Der Polizeidirektor hat sich später als unser bester Freund erwiesen".

[Er hat allerdings am 27. Jänner 1919, als es bei einer Kundgebung in Marburg zu einer Schießerei mit mehreren Toten kam, keine rühmliche Rolle als Polizeidirektor gespielt.]

 

"Ich hätte die Standarte gerne behalten. Wir hätten sie in Ehren gehalten. Sie wäre uns unser Leben lang eine erschütternde Erinnerung gewesen. Aber Otto war ein alter Offizier. Ihm war die Standarte mehr als eine Erinnerung. Sie war ein Wahrzeichen, das nicht ihm gehörte, wenn auch niemand mehr danach fragte. Eines Tages spannten wir also die Rappstute ein und fuhren mit der Standarte und der Silbertrompete nach Graz und gaben die beiden Stücke im Heeresmuseum ab. Dort liegen sie jetzt beigesetzt hinter Glas und bis auf uns weiß niemand mehr etwas von ihrer Geschichte".

 

Die Standarte wurde in den Zwischenkriegsjahren immer wieder für die Ausrückungen der Veteranen des Regiments in Graz aus der Vitrine geholt.  Zuletzt veröffentlichte Dr. Sergej VRIŠER im Jahr 2000 in seinem Buch "Finfarji" das obige Schwarz-Weiß-Foto der Standarte des DR 5. Vermutlich erhielt er nur das Foto und hat das Original nie gesehen, ansonsten wäre ein Farbfoto und eine genaue Beschreibung sowie die Anführung ihres Verbleibs von ihm zu erwarten gewesen. Die Herkunft des Fotos, sowie vieler anderer Fotos in seinem Buch, ist leider auch nicht nachzuvollziehen.

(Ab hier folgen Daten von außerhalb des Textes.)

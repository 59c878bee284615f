//! Reads a table of rows, each of them the node code of a graph and a launch, and prints what a guess of the launch tells.
//!
//! The first line of a row is its title, and a line `end` ends it. The lines between hold commands, with a `;` between two: those of
//! `wg_listing`, and `graph`, `launch`, `input`, `turns`, `words` and `rest`.
#![tactic(auto)]

mod answer;
mod fitting;
mod row;
mod told;

use row::Row;
use std::io;

fn main(rt: HostRuntime) -> io::Result<()> {
    let mut row = Row::new(rt.alloc());
    for line in rt.lines(rt.alloc()) {
        let line = line?;
        if line.as_str() == "end" {
            print!(rt; "{}: ", row.title())?;
            println!(rt; "{}", row.into_answer(rt.alloc()))?;
            row = Row::new(rt.alloc());
        } else {
            row.take(rt.alloc(), line.as_str())?;
        }
    }
    Ok(())
}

Es ist nicht ausgeschlossen, dass die Standarte noch existiert. Im Heeresgeschichtlichen Museum in Wien ist sie nach offizieller Auskunft nicht. Sie könnte allerdings irgendwie den Wirren des Zweiten Weltkriegs zum Opfer gefallen sein.

 

Die Signaltrompete mit der Inschrift "Den todesmutigen Schützern unseres geliebten Vaterlandes zur Kaiserfeier 1916 gewidmet von der Stadtgemeinde Marburg" hingegen befindet sich im Laibacher Museum "Muzej novejše zgodovine Slovenije" und wurde zur Zeit Jugoslawiens vermutlich in den 1970er Jahren angekauft. Von wem, ist allerdings nicht mehr nachzuvollziehen.